Escuelas que no cierran sus puertas

Hay seis centros infantiles en las zonas porteñas de mayor riesgo social. Allí, todos los sábados entre las 10 y las 14, chicos de tres a seis años disfrutan de actividades educativas y de recreación.

Rubén A. Arribas

Cuando Mariana Pierro llega a su lado, Rosario se levanta de la silla y le dice algo al oído. La profesora la abraza conmovida, le da un beso y pide silencio: Rosario quiere hablar. Todos, grandes y pequeños, miran hacia donde están las dos. Pasan unos segundos; parece que la jovencísima oradora ha sufrido un rapto de timidez. Por fin dice:

—Un aplauso para Silvia y para Olga.

Rosario tiene 5 años y está sentada al lado de su hermano Dylan, de 3. Mariana Pierro coordina el programa Centros Infantiles en la escuela Piedra Buena, en la villa Ciudad Oculta, y hoy estaba contrariada desde primera hora porque el menú se parecía demasiado a lo que comen los chicos en casa: “Nunca nos envían milanesas”, había protestado. Silvia y Olga son las cocineras, y en este momento enrojecen hasta las orejas con las bandejas de comida en la mano: es sábado a mediodía y unas 30 personitas mofletudas de 3 a 6 años las aplauden por su rica polenta con carne y tomate. A pesar de que hoy tampoco tendrán flan de postre sino manzana, los chicos están contentos.
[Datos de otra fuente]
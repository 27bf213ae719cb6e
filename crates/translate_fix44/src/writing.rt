//! What the kinds of rules of FIX 4.4 write, and what they cannot say.

ghost use Rattle.std.specs.Prelude.{◌≡◌, ◌++◌, OnOk};
ghost use Rattle.std.specs.Io.{StartsWith};
ghost use Rattle.std.specs.Option.{option_map};
ghost use Rattle.field_groups.specs.Field.{body_of};
ghost use Rattle.rule_rows.specs.ByRules.{lack_if};
ghost use Rattle.translate_fix44.specs.declared.rules.Own.TheVariants as rules;
ghost use Rattle.translate_fix44.specs.CodeRules.{coded, firm_of, lacks, writes};
ghost use Rattle.translate_fix44.specs.Rules.{is_market_or_limit, lacks_close, turn};

use crate::rules::Own;
use field_groups::{put_byte, put_field};
use message_tables::Lookup;
use order_meaning::{Lack, Lines};
use report_rules::{party, put_code_if, put_month, put_told, put_within};
use request_rules::{is_unlisted, put_parties};
use rule_rows::{Lacking, OwnRule, code_of, number_of, put_text};
use std::alloc::AllocError;

/// What the rules read beside the fields.
#[derive(Drop)]
pub(crate) struct Besides<'k> {
    /// The parties of the message.
    pub(crate) parties: Lines,
    /// Whether it has the terms of an order (D, G and 8), with a place for a party of role 4.
    pub(crate) has_terms: bool,
    /// The original id that is known of the order of a cancel reject.
    pub(crate) known: Option<&'k [u8]>,
}

/// What the rules read.
pub(crate) type Source<'f, 'k, 'a> = rule_rows::Source<'f, 'a, Besides<'k>>;

/// What a call answers that appends: an error only for want of memory. What stood there stays.
type Appended = Result<(), AllocError>;

/// A code, or the one that it turns to.
fn turn(turns: Option<(u8, u8)>, code: u8) -> u8
    ensures { result ≡ turn turns code }
{
    match turns {
        None => code,
        Some((from, to)) => if from == code { to } else { code },
    }
}

/// The code at a tag, or the one that it turns to.
fn turned(source: &Source<'_, '_, '_>, tag: u32, turns: Option<(u8, u8)>) -> Option<u8>
    ensures { result ≡ option_map (turn turns) (coded source.now tag) }
{
    match code_of(source.fields.value(tag)) {
        None => None,
        Some(code) => Some(turn(turns, code)),
    }
}

/// Appends HandlInst(21), which is 1 in an order that does not say it.
fn put_hand_inst(source: &Source<'_, '_, '_>, out: &mut Vec<u8>) -> Appended
    ensures done { OnOk result (out.new.items
        ≡ out.old.items ++ body_of (writes source.now rules.HandlInst)) }
    ensures kept { StartsWith out.new.items out.old.items }
{
    if source.besides.has_terms {
        match source.fields.value(21) {
            Some(text) => put_field(out, 21, text),
            None => put_byte(out, 21, b'1'),
        }
    } else {
        Ok(())
    }
}

/// Appends OrigClOrdID(41), or else the id that is known, if there is one.
fn put_original(source: &Source<'_, '_, '_>, out: &mut Vec<u8>) -> Appended
    ensures done { OnOk result (out.new.items
        ≡ out.old.items ++ body_of (writes source.now rules.Original)) }
    ensures kept { StartsWith out.new.items out.old.items }
{
    match (source.fields.value(41), source.besides.known) {
        (Some(said), _) => put_field(out, 41, said),
        (None, Some(known)) => put_field(out, 41, known),
        (None, None) => Ok(()),
    }
}

/// The id of the first party of role 4, where that has a place.
fn firm<'s>(source: &'s Source<'_, '_, '_>) -> Option<&'s [u8]>
    ensures { option_map (λ id. id.now) result ≡ firm_of source.now }
{
    if source.besides.has_terms {
        party(&source.besides.parties, 4)
    } else {
        None
    }
}

/// Whether an OrdType is market (1) or limit (2).
fn is_market_or_limit(ord_type: Option<u8>) -> bool
    ensures { result ≡ is_market_or_limit ord_type }
{
    match ord_type {
        None => false,
        Some(code) => code == b'1' || code == b'2',
    }
}

/// Whether a time is at the close beside neither a market nor a limit order.
fn lacks_close(ord_type: Option<u8>, time: Option<u8>) -> bool
    ensures { result ≡ lacks_close ord_type time }
{
    match time {
        None => false,
        Some(time) => time == b'7' && !is_market_or_limit(ord_type),
    }
}

/// The tag, where something cannot be said.
fn lack_if(lacks: bool, tag: u32) -> Option<u32>
    ensures { result ≡ lack_if lacks tag }
{
    if lacks { Some(tag) } else { None }
}

impl<'k> Lacking<Besides<'k>> for Own {
    ghost lacks = { lacks };

    #[inline(always)]
    fn lack(&self, source: &Source<'_, 'k, '_>) -> Option<u32> {
        let fields = source.fields;
        match self {
            Own::Original => match (fields.value(41), source.besides.known) {
                (None, None) => Some(41),
                _ => None,
            },
            Own::Turned(tag, listed, turns) => {
                lack_if(is_unlisted(listed, turned(source, *tag, *turns)), *tag)
            }
            Own::AtClose => {
                let ord_type = code_of(fields.value(40));
                lack_if(lacks_close(ord_type, code_of(fields.value(59))), 59)
            }
            _ => None,
        }
    }
}

/// Appends what a rule says that lacks nothing.
fn say(source: &Source<'_, '_, '_>, rule: &Own, out: &mut Vec<u8>) -> Appended
    ensures done { OnOk result (out.new.items
        ≡ out.old.items ++ body_of (writes source.now rule.now)) }
    ensures kept { StartsWith out.new.items out.old.items }
{
    let fields = source.fields;
    match rule {
        Own::Month => put_month(out, fields),
        Own::HandlInst => put_hand_inst(source, out),
        Own::Original => put_original(source, out),
        Own::Turned(tag, _, turns) => put_code_if(out, *tag, turned(source, *tag, *turns)),
        Own::AtClose => put_text(out, 59, fields.value(59)),
        Own::Parties => {
            let parties = &source.besides.parties;
            put_parties(out, party(parties, 3), party(parties, 1), firm(source))
        }
        Own::PartyOf(_) => Ok(()),
        Own::Within(tag, last, other) => {
            put_within(out, *tag, *last, *other, number_of(fields.value(*tag)))
        }
        Own::Told(is_report) => put_told(out, fields, *is_report),
    }
}

impl<'k> OwnRule<Besides<'k>> for Own {
    ghost writes = { writes };

    ghost lacks = { lacks };

    fn put(&self, source: &Source<'_, 'k, '_>, out: &mut Vec<u8>) -> Result<(), Lack> {
        match self.lack(source) {
            Some(tag) => Err(Lack::Tag(tag)),
            None => Ok(say(source, self, out)?),
        }
    }
}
La mayoría de ellos come a buen ritmo: se nota que disfrutaron de una mañana repleta de actividades. Diez minutos antes de que la escuela abriera, casi todos eran ya pura impaciencia y corrían por la avenida Piedra Buena, a la altura de Eva Perón. Según entraron, le dieron un beso y un abrazo a los profesores, desayunaron leche chocolatada con vainillas y salieron al patio, donde los esperaban una pelota, un arenero, varios toboganes y unos columpios. Hacia las once entraron en la parte cubierta de la escuela y los profesores les dieron sábanas para que se disfrazasen. Jean Franco (6) pidió que lo ayudaran a convertirse en un rey que llevaba túnica, Ana Paula (5) eligió ser una princesa india con sari y Gabriel (5) prefirió usar la sábana como la capa de Batman. El cambio de consigna resultaba claro: descargadas las tensiones en el patio, los 30 chicos y los 5 docentes comenzaban con las actividades más creativas.
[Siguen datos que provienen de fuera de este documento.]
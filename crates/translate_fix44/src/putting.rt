//! The content of a request of FIX 4.4 in FIX 5.0 SP2, and that of a report of FIX 5.0 SP2 in FIX
//! 4.4, straight from the fields of a body.

ghost use Rattle.std.specs.Prelude.{◌≡◌, IfErr, None, OnErr, OnOk};
ghost use Rattle.std.specs.Option.{option_map};
ghost use Rattle.rule_rows.specs.ByRules.{lack_if};
ghost use Rattle.translation.specs.Going.{Appends};
ghost use Rattle.translate_fix44.specs.CodeRules.{has_role, lacks_role_in};
ghost use Rattle.translate_fix44.specs.Put.{IsRead, IsReport, Lacks, message};
ghost use Rattle.translate_fix44.specs.Rules.{up_lack};
ghost use Rattle.translate_fix44.specs.Translation.{down_by, up};

use crate::rules::{reject_rules, report_rules, request_rules};
use crate::writing::{Besides, Source};
use field_groups::{Fields, is_type};
use order_meaning::{Lack, Lines, PartyLine};
use reports_fix50::{cancel_reject, execution_report};
use row_values::read_lines;
use rule_rows::{first_lack, put_rules};
use std::alloc::Global;
use translation::msg_type;

/// Whether a party of a role has its place in a message.
fn has_role(terms: bool, role: u32) -> bool
    ensures { result ≡ has_role terms role }
{
    role == 3 || (role == 1 || (terms && role == 4))
}

/// Whether a line is of a party whose role has none.
fn lacks_role(terms: bool, lines: &[PartyLine]) -> bool
    ensures { result ≡ lacks_role_in terms lines.now }
{
    lines.iter().any(|line| !has_role(terms, line.role))
}

/// PartyRole(452), where a line is of a party whose role has no place.
fn lack_of_roles(source: &Source<'_, '_, '_>) -> Option<u32>
    ensures { result
        ≡ lack_if (lacks_role_in source.now.besides.has_terms source.now.besides.parties) 452 }
{
    if lacks_role(source.besides.has_terms, source.besides.parties.as_slice()) {
        Some(452)
    } else {
        None
    }
}

/// The tag of what FIX 5.0 SP2 cannot say of a request: OrdType(40), TimeInForce(59),
/// OrderCapacity(528), and last PartyRole(452). It takes no memory.
pub(crate) fn lack_up(source: &Source<'_, '_, '_>) -> Option<u32>
    requires { IsRead source.now }
    ensures { result ≡ up_lack (message source.now) }
{
    match first_lack(source, request_rules().lacking) {
        None => lack_of_roles(source),
        Some(tag) => Some(tag),
    }
}

/// Appends the content of FIX 5.0 SP2 of a request.
///
/// # Errors
///
/// `Tag` exactly where FIX 5.0 SP2 cannot say what the field of this tag says, as [`lack_up`] has
/// it; `NoMemory` for want of memory. What stood in `out` stays, and a part may stand behind it.
pub(crate) fn put_up(source: &Source<'_, '_, '_>, out: &mut Vec<u8>) -> Result<(), Lack>
    requires { IsRead source.now }
    ensures ok { OnOk result
        (Appends up source.now.fields.now None out.old.items out.new.items) }
    ensures lack { IfErr result (Lacks up source.now.fields.now) }
{
    put_rules(source, request_rules().all, out)?;
    match lack_of_roles(source) {
        None => Ok(()),
        Some(tag) => Err(Lack::Tag(tag)),
    }
}

/// Appends the content of FIX 4.4 of a report of FIX 5.0 SP2, 8 or 9, whose fields are at no fault.
///
/// # Errors
///
/// `Tag(150)` exactly where the ExecType(150) of an execution report (8) has no counterpart;
/// `Tag(41)` exactly where a cancel reject says no OrigClOrdID(41) and none is known; `NoMemory` for
/// want of memory. Then `out` is unchanged.
pub(crate) fn put_down(
    alloc: Global,
    fields: &Fields<'_>,
    known: Option<&[u8]>,
    out: &mut Vec<u8>,
) -> Result<(), Lack>
    requires { IsReport fields.now }
    ensures ok { OnOk result (Appends (down_by (option_map (λ id. id.now) known.entry))
        fields.now None out.old.items out.new.items) }
    ensures lack { IfErr result
        (Lacks (down_by (option_map (λ id. id.now) known.entry)) fields.now) }
    ensures err { OnErr result (out.new.items ≡ out.old.items) }
{
    if is_type(msg_type(fields), b'8') {
        let parties = read_lines(alloc, fields)?;
        let source = Source {
            fields,
            table: execution_report(),
            besides: Besides {
                parties,
                has_terms: true,
                known,
            },
        };
        put_rules(&source, report_rules(), out)
    } else {
        let source = Source {
            fields,
            table: cancel_reject(),
            besides: Besides {
                parties: Lines::new(alloc),
                has_terms: false,
                known,
            },
        };
        put_rules(&source, reject_rules(), out)
    }
}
Antes de que los ensabanados supermanes, princesas y batmans se hubieran cansado de su disfraz, la profesora Geraldine Cid ya había preparado el siguiente juego. Se trataba de una hilera de mesas por donde los chicos caminaban y después saltaban a una colchoneta; eso sí, antes de volar cada cual elegía si era un pájaro, un avión o qué cosa voladora. Casi en simultáneo otro docente, Leandro Villa, cubrió dos mesas con una sábana, explicó que se trataba de una casa e invitó a quienes lo desearan a habitarla. Y cuando los chicos empezaban a querer cambiar de juego, Geraldine ya estaba sentada en un rincón y entonaba “Si yo digo flaco, flaco, gordo, ustedes dicen...”, a lo que un coro de voces infantiles guiado por Martín Kogan, otro de los profesores, replicaba: “Gordo, gordo, flaco”. Entre tanto, coro va y coro viene, los otros tres docentes acondicionaban dos aulas, una al lado de la otra, para sendos talleres antes de comer.
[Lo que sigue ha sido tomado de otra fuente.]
//! The rules of both directions, as the code has them.

ghost use Rattle.std.specs.Prelude.{◌≡◌};
ghost use Rattle.message_tables.specs.Tables.{Said, first_of};
ghost use Rattle.order_meaning.specs.Request.{RequestKind};
ghost use Rattle.reports_fix50.specs.Message.{cancel_reject_table, report_table};
ghost use Rattle.rule_rows.specs.Rules.{By as Is};
ghost use Rattle.rule_rows.specs.CodeRules.{AreFor, lacked};
ghost use Rattle.translate_fix44.specs.CodeRules.{Source, code, lacks};
ghost use Rattle.dict_fix44.specs.Requests.{asked44};
ghost use Rattle.translate_fix44.specs.Rules as rules;
ghost use Rattle.translate_fix44.specs.Rules.{down_rules, up_rules};

use row_values::Kind::{TimeBeside, Value};
use rule_rows::Rule::{By, Decimal, Kept, Lines, Moment, Same};
use value_kinds::ValueKind::{Code, Word};

/// How the target says one line of its table otherwise than the source.
#[derive(Clone, Copy, Debug)]
pub(crate) enum Own {
    /// MaturityMonthYear(200), which is that of MaturityDate(541), where there is one.
    Month,
    /// HandlInst(21), which is 1 in an order that does not say it.
    HandlInst,
    /// OrigClOrdID(41) of a cancel reject, which has to say it where none is known besides.
    Original,
    /// A code, or the one that it turns to, of these.
    Turned(u32, &'static [u8], Option<(u8, u8)>),
    /// TimeInForce(59) beside OrdType(40).
    AtClose,
    /// The parties of the roles 3, 1 and, where it has a place, 4, as lines of Parties(453).
    Parties,
    /// The party of a role, which is written in these lines.
    PartyOf(u32),
    /// A reason, up to the last one of FIX 4.2; one past it is this other one.
    Within(u32, u32, u8),
    /// Text(58), which tells the reasons past those of an execution report, or of a cancel reject.
    Told(bool),
}

use Own::{AtClose, HandlInst, Month, Original, Parties, PartyOf, Told, Turned, Within};

/// A rule of either direction.
pub(crate) type Rule = rule_rows::Rule<Own>;

/// OrdType(40) of a request.
const ORD_TYPE: Rule = By(Turned(40, b"1234", None));

/// TimeInForce(59), likewise.
const TIME_IN_FORCE: Rule = By(AtClose);

/// OrderCapacity(528), likewise.
const ORDER_CAPACITY: Rule = By(Turned(528, b"AIP", None));

/// The rules of a request, in the order of writing.
#[rattlefmt::skip]
static REQUEST_RULES: [Rule; 40] = [
    Same(11), // ClOrdID
    Same(41), // OrigClOrdID
    Same(37), // OrderID
    By(Parties),
    By(PartyOf(3)),
    By(PartyOf(1)),
    By(PartyOf(4)),
    Same(1), // Account
    Lines(78), // NoAllocs
    Same(63), // SettlType
    Same(64), // SettlDate
    By(HandlInst),
    Same(18), // ExecInst
    Decimal(110, 110), // MinQty
    Decimal(111, 1138), // MaxFloor, DisplayQty
    Same(100), // ExDestination
    Lines(386), // NoTradingSessions
    Same(55), // Symbol
    Same(65), // SymbolSfx
    Same(48), // SecurityID
    Same(22), // SecurityIDSource
    Same(167), // SecurityType
    By(Month),
    Same(541), // MaturityDate
    Same(207), // SecurityExchange
    Same(54), // Side
    Same(114), // LocateReqd
    Same(60), // TransactTime
    Decimal(38, 38), // OrderQty
    ORD_TYPE,
    Decimal(44, 44), // Price
    Decimal(99, 99), // StopPx
    Same(15), // Currency
    TIME_IN_FORCE,
    Same(168), // EffectiveTime
    Same(432), // ExpireDate
    Same(126), // ExpireTime
    ORDER_CAPACITY,
    Same(77), // PositionEffect
    Same(58), // Text
];

/// Those of them that may lack something.
static LACKING_RULES: [Rule; 3] = [ORD_TYPE, TIME_IN_FORCE, ORDER_CAPACITY];

/// The rules of Execution Report (8), likewise.
#[rattlefmt::skip]
static REPORT_RULES: [Rule; 47] = [
    Same(37), // OrderID
    Same(198), // SecondaryOrderID
    Same(11), // ClOrdID
    Same(41), // OrigClOrdID
    By(Parties),
    By(PartyOf(3)),
    By(PartyOf(1)),
    By(PartyOf(4)),
    Lines(382), // NoContraBrokers
    Same(17), // ExecID
    Same(19), // ExecRefID
    By(Turned(150, b"03456789ABCDEFGHI", Some((b'L', b'I')))), // ExecType
    By(Turned(39, b"012346789ABCDE", Some((b'5', b'0')))), // OrdStatus
    By(Within(103, 8, b'0')), // OrdRejReason
    By(Within(378, 5, b'4')), // ExecRestatementReason
    Same(1), // Account
    Kept(63, 63, Value(Code(b"0123456789"))), // SettlType
    Same(64), // SettlDate
    Same(55), // Symbol
    Same(65), // SymbolSfx
    Same(48), // SecurityID
    Kept(22, 22, Value(Code(b"123456789"))), // SecurityIDSource
    Kept(167, 167, Value(Word(&[b"CS", b"PS", b"FUT"]))), // SecurityType
    By(Month),
    Same(541), // MaturityDate
    Same(207), // SecurityExchange
    Same(54), // Side
    Decimal(38, 38), // OrderQty
    Kept(40, 40, Value(Code(b"1234"))), // OrdType
    Decimal(44, 44), // Price
    Decimal(99, 99), // StopPx
    Same(15), // Currency
    Kept(59, 59, TimeBeside(40)), // TimeInForce
    Same(432), // ExpireDate
    Moment(126), // ExpireTime
    Kept(528, 528, Value(Code(b"AIP"))), // OrderCapacity
    Decimal(32, 32), // LastQty
    Decimal(31, 31), // LastPx
    Same(30), // LastMkt
    Decimal(151, 151), // LeavesQty
    Decimal(14, 14), // CumQty
    Decimal(6, 6), // AvgPx
    Same(75), // TradeDate
    Moment(60), // TransactTime
    Decimal(110, 110), // MinQty
    Decimal(1138, 111), // DisplayQty, MaxFloor
    By(Told(true)), // Text
];

/// The rules of Order Cancel Reject (9), likewise.
#[rattlefmt::skip]
static REJECT_RULES: [Rule; 10] = [
    Same(37), // OrderID
    Same(198), // SecondaryOrderID
    Same(11), // ClOrdID
    By(Original),
    By(Turned(39, b"012346789ABCDE", Some((b'5', b'0')))), // OrdStatus
    Same(1), // Account
    Moment(60), // TransactTime
    Same(434), // CxlRejResponseTo
    By(Within(102, 3, b'2')), // CxlRejReason
    By(Told(false)), // Text
];

/// The rules of a request, and those of them that are asked where nothing is written.
#[derive(Clone, Copy, Debug)]
pub(crate) struct RequestRules {
    pub(crate) all: &'static [Rule],
    pub(crate) lacking: &'static [Rule],
}

/// The rules of a request.
pub(crate) fn request_rules() -> RequestRules
    ensures all { (known : Said) (kind : RequestKind)
        → AreFor (code known) (asked44 kind) up_rules result.all.now }
    ensures lacking { (s : Source)
        → first_of (lacked lacks s) result.lacking.now ≡ first_of (lacked lacks s) result.all.now }
{
    RequestRules {
        all: &REQUEST_RULES,
        lacking: &LACKING_RULES,
    }
}

/// The rules of an execution report.
pub(crate) fn report_rules() -> &'static [Rule]
    ensures { (known : Said) → AreFor (code known) report_table (down_rules (rules.Same 41))
        result.now }
{
    &REPORT_RULES
}

/// The rules of a cancel reject.
pub(crate) fn reject_rules() -> &'static [Rule]
    ensures { (known : Said) → AreFor (code known) cancel_reject_table
        (down_rules (Is (rules.Else 41 known))) result.now }
{
    &REJECT_RULES
}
En el aula de la izquierda, Leandro contaba un cuento del Ratón Feroz donde este en una escena se maquillaba para dar más miedo. En ese punto de la narración, Geraldine y él repartían pinturas y animaban a que cada cual imitase al protagonista y se pintase la cara frente al espejo. Si alguno necesitaba ayuda, ellos les daban una mano.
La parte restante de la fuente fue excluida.